Le cœur de la résurgence de l'empire

Mais la civilisation russe originelle était plus forte que les bolcheviks : elle a germé en URSS de l'intérieur, malgré l'opposition des dirigeants du Komintern. Les idées des Shmenovekhovites vaincus ont été reprises par le groupe de Zhdanov à Leningrad. Dans les années 1960, une décennie et demie après l'exécution des personnes impliquées dans l'"affaire Leningrad", le "Parti russe" a de nouveau parlé d'identité nationale : sa voix a été entendue de nouveau par les écrivains dévots, le peintre Ilya Glazunov, le compositeur Georgy Sviridov et bien d'autres. Après avoir survécu à la bacchanale de la russophobie pendant les années de la perestroïka et de l'eltsinisme, l'idée de l'identité russe gagne à nouveau en force ces jours-ci.

H2787-L254166815.jpg

La popularité de la série télévisée Godunov, avec Sergei Bezrukov en vedette, confirme que les gens s'intéressaient beaucoup à l'histoire de l'État russe.

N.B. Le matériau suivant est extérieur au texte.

//! The jobs that a caller passes to a path.

ghost use Rattle.std.specs.Prelude.{◌≡◌, ℕ, ◌+◌, ◌≤◌};
ghost use Rattle.wf_frame.specs.Frames.{FrameValue, most_attempts};
ghost use Rattle.wf_frame.specs.declared.notes.ReplyNote.{ReplyNote};
ghost use Rattle.wf_def_lists.specs.Lengths.{greatest_body};
ghost use Rattle.wf_law_runs.specs.Queues.{HasLength, IsAtMost};
ghost use Rattle.wf_send_half.specs.Replies.{bodies_sent};
ghost use Rattle.wf_path.specs.Jobs.{note_of, frame_of, times_sent};

use wf_frame::{Ask, Note};
use wf_queue_parts::chain::Parcel;

/// A call: a frame to accept, or a call that carries none.
#[derive(Drop)]
pub enum Job {
    /// A frame for a station.
    Give(Parcel),
    /// A call without a frame.
    Call(Ask),
}

impl Job {
    /// Returns the call as numbers, as a history stores it. A frame is stored by its length, 1 to 2304
    /// octets.
    pub fn note(&self) -> Note
        ensures value { result ≡ note_of self.now }
        ensures some { HasLength result }
        ensures most { IsAtMost greatest_body result }
    {
        match self {
            Job::Give(parcel) => {
                let frame = parcel.frame();
                Note::Enqueue {
                    station: frame.station(),
                    tid: frame.tid(),
                    flow: frame.flow(),
                    len: frame.len(),
                }
            }
            Job::Call(ask) => Note::Asked(*ask),
        }
    }

    /// Returns the frame of the call, if it has one.
    pub fn parcel(self) -> Option<Parcel>
        ensures { result ≡ frame_of self }
    {
        match self {
            Job::Give(parcel) => Some(parcel),
            Job::Call(_) => None,
        }
    }
}

/// Each pull that sends a frame adds 1 to the frame's count of transmissions. The count stops at 255, far
/// above the setting `attempts`.
pub fn each_time_that_a_frame_is_sent_counts()
    ensures { (reply : ReplyNote) (bodies : ℕ → FrameValue) (id : ℕ) →
        (bodies id).attempts + times_sent reply id ≤ most_attempts →
        (bodies_sent reply bodies id).attempts ≡ (bodies id).attempts + times_sent reply id }
{}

Non seulement cela, mais l'adieu de la civilisation russe à l'Occident semble n'avoir aucune alternative, même pour une partie de l'élite pro-occidentale. Canaan (c'est ainsi que j'appellerai la totalité des forces obscures de l'histoire du monde, dont les principaux signes sont la soif de richesse, la piété et la dépravation morale) est en train de tuer les restes de l'Europe, que Dostoïevski appelait autrefois "le pays des saintes merveilles". Sous nos yeux se forme un monstre totalitaire sodomite, qui a lancé une attaque contre les vestiges de la haute culture chrétienne européenne, désormais proclamée raciste. Par conséquent, en revenant aux idéaux de la Troisième Rome et de la Sainte Russie, nous créons également pour les chrétiens du monde entier une alternative aux non-valeurs du déclin de l'Occident.

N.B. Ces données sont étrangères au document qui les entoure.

//! The path, and its readers.

ghost use Rattle.std.specs.Prelude.{◌≡◌, ◌↔◌, ℕ, pos, ◌+ℤ◌, Some, Err, length, is_some, option_map, IfOk};
ghost use Rattle.wf_frame.specs.Frames.{FrameValue};
ghost use Rattle.wf_frame.specs.Settings.{first_out_of_range};
ghost use Rattle.wf_frame.specs.declared.settings.Field.{Field};
ghost use Rattle.wf_def_world.specs.World.{World, opening, is_live, share, owed};
ghost use Rattle.wf_send_parts.specs.Tally.{counts_of};
ghost use Rattle.wf_sched.specs.ClassRotas.{deficit};
ghost use Rattle.wf_send_parts.specs.Exchanges.{airtime_to};
ghost use Rattle.wf_send_parts.specs.Members.{member, charged_in, received_in};
ghost use Rattle.wf_send_half.specs.Half.{IsLive};
ghost use Rattle.wf_send_half_model.specs.Half.{pending_air_of};
ghost use Rattle.wf_send_half_model.specs.Standing.{StandsFor, counts_in};
ghost use Rattle.wf_path.specs.Addresses.{made_up};
ghost use Rattle.wf_path.specs.Paths.{IsPath, HasCountsBelow, IsSmall};

use crate::NewFault;
use crate::addresses::AddressBook;
use std::alloc::Global;
use std::marker::Model;
use wf_frame::{Class, Config};
use wf_send_half::Transmit;
use wf_send_parts::stations::Tally;

/// The transmit path. A contract sees its transmit half, and says what a call makes of each world of a run
/// that the half represents (`wf_send_half_model`); there is always one. A contract also sees the addresses,
/// which only `set_base`, `set_address`, `set_bss_address` and `set_aid` change. Only `new` allocates memory.
pub struct Path {
    pub(crate) half: Transmit,
    pub(crate) addresses: AddressBook,
}

// Written by hand, so that the proof of a drop is one call rather than the drop of each list.
impl Drop for Path {
    fn drop(self) {
        let Path {
            half: _half,
            addresses: _addresses,
        } = self;
    }
}

impl Model for Path {
    ghost use Rattle.wf_path.specs.Paths.{PathValue, IsPath};

    ghost Value = { PathValue };

    ghost view = { λ p. record { half = p.half; addresses = p.addresses } };

    ghost invariant = { λ p. IsPath p.half };
}

impl Path {
    /// Makes a path with these settings: no station is live, no frame was accepted, and the addresses are the
    /// placeholders. Refused as BadConfig with the first setting that is out of its range, if there is one,
    /// or as NoMemory.
    pub fn new(alloc: Global, config: Config) -> Result<Path, NewFault>
        ensures bad { (f : Field) → (result ≡ Err (NewFault.BadConfig f)) ↔
            (first_out_of_range config ≡ Some f) }
        ensures stands { IfOk result (λ made. (bodies : ℕ → FrameValue) →
            StandsFor made.half (opening config) bodies) }
        ensures small { IfOk result (λ made. IsSmall made.half) }
        ensures none { IfOk result (λ made. HasCountsBelow 1 made.half) }
        ensures addresses { IfOk result (λ made. made.addresses ≡ made_up) }
        ensures path { IfOk result (λ made. IsPath made.half) }
    {
        if let Some(field) = config.check() {
            return Err(NewFault::BadConfig(field));
        }
        let addresses = AddressBook::new(alloc)?;
        let half = Transmit::new(alloc, config)?;
        Ok(Path { half, addresses })
    }

    /// Returns the settings. By clause `path` there is a world that the path represents.
    pub fn config(&self) -> Config
        ensures value { result ≡ self.now.half.config }
        ensures world { (w : World) (bodies : ℕ → FrameValue) → StandsFor self.now.half w bodies →
            result ≡ w.config }
        ensures path { IsPath self.now.half }
    {
        self.half.config()
    }

    /// Returns the clock, in microseconds.
    pub fn now(&self) -> u64
        ensures value { result ≡ self.now.half.clock }
        ensures world { (w : World) (bodies : ℕ → FrameValue) → StandsFor self.now.half w bodies →
            result ≡ w.clock }
    {
        self.half.now()
    }

    /// Returns how many exchanges were opened.
    pub fn exchanges(&self) -> u64
        ensures value { result ≡ self.now.half.exchanges }
        ensures world { (w : World) (bodies : ℕ → FrameValue) → StandsFor self.now.half w bodies →
            result ≡ w.exchanges }
    {
        self.half.exchanges()
    }

    /// Returns how many exchanges are open, at most 32.
    pub fn open_count(&self) -> u32
        ensures value { result ≡ length self.now.half.opened }
        ensures world { (w : World) (bodies : ℕ → FrameValue) → StandsFor self.now.half w bodies →
            result ≡ length w.opened }
    {
        self.half.open_count()
    }

    /// Returns whether a station is live. A number past the last station is not.
    pub fn live(&self, station: u16) -> bool
        ensures value { result ≡ is_some (member self.now.half.members station) }
        ensures world { (w : World) (bodies : ℕ → FrameValue) → StandsFor self.now.half w bodies →
            result ≡ is_live w station }
    {
        self.half.is_live(station)
    }

    /// Returns how many frames were accepted, and how many of them have each fate.
    pub fn tally(&self) -> Tally
        ensures value { counts_of result ≡ self.now.half.tally }
        ensures world { (w : World) (bodies : ℕ → FrameValue) → StandsFor self.now.half w bodies →
            counts_of result ≡ counts_in w }
    {
        self.half.tally()
    }

    /// Returns the deficit of a live station in a class, in microseconds.
    pub fn deficit(&self, station: u16, class: Class) -> i64
        requires live { IsLive self.now.half station }
        ensures value { result ≡
            deficit self.now.half.sched class station +ℤ pos (pending_air_of self.now.half station class) }
        ensures world { (w : World) (bodies : ℕ → FrameValue) → StandsFor self.now.half w bodies →
            result ≡ (share w station class).deficit }
    {
        self.half.deficit(station, class)
    }

    /// Returns the airtime of a live station's exchanges in a class since its join, in microseconds.
    pub fn charged(&self, station: u16, class: Class) -> u64
        requires live { IsLive self.now.half station }
        ensures value { option_map (λ m. charged_in m class) (member self.now.half.members station)
            ≡ Some result }
        ensures world { (w : World) (bodies : ℕ → FrameValue) → StandsFor self.now.half w bodies →
            result ≡ (share w station class).charged }
    {
        self.half.charged(station, class)
    }

    /// Returns the airtime that a live station itself used in a class since its join, in microseconds.
    pub fn received(&self, station: u16, class: Class) -> u64
        requires live { IsLive self.now.half station }
        ensures value { option_map (λ m. received_in m class) (member self.now.half.members station)
            ≡ Some result }
        ensures world { (w : World) (bodies : ℕ → FrameValue) → StandsFor self.now.half w bodies →
            result ≡ (share w station class).received }
    {
        self.half.received(station, class)
    }

    /// Returns the computed airtime of a live station's open exchanges in a class, in microseconds.
    pub fn in_flight(&self, station: u16, class: Class) -> u32
        requires live { IsLive self.now.half station }
        ensures value { result ≡ airtime_to self.now.half.opened station class }
        ensures world { (w : World) (bodies : ℕ → FrameValue) → StandsFor self.now.half w bodies →
            result ≡ owed station class w.opened }
    {
        self.half.in_flight(station, class)
    }
}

Au sommet de la hiérarchie des valeurs culturelles devraient certainement figurer celles qui sont issues de l'orthodoxie. L'âge d'or de la littérature russe nous a donné Pouchkine et Gogol, Dostoïevski et Leskov. Tous les classiques russes sont imprégnés de l'esprit de l'orthodoxie. L'école soviétique l'a adapté du mieux qu'elle a pu aux pionniers et aux membres du Komsomol, tout en conservant les idéaux éthiques de bonté, d'amour et de loyauté. C'est sur cette base solide que nous devons construire notre politique publique culturelle. Les classiques russes, dans les nouvelles formes du XXIe siècle, devraient devenir le principal noyau culturel de l'Empire renaissant.

Du bagage du 20e siècle, nous devrions retirer la science-fiction soviétique originale dans le genre de l'utopie qui nous met sur la voie d'un avenir meilleur. À cet égard, il contraste fortement avec les dystopies occidentales dont le but est de démoraliser le public face à une "réinitialisation" totalitaire. Les gens peuvent plus facilement accepter un camp de concentration numérique, une pandémie meurtrière ou la domination des robots s'ils ont lu et regardé des histoires d'horreur sur ces sujets dès leur enfance. Au contraire, la fiction soviétique de Belyaev, Efremov, Bulychev et d'autres a créé des mondes d'un bel avenir, auxquels l'âme chrétienne russe a volontiers cru.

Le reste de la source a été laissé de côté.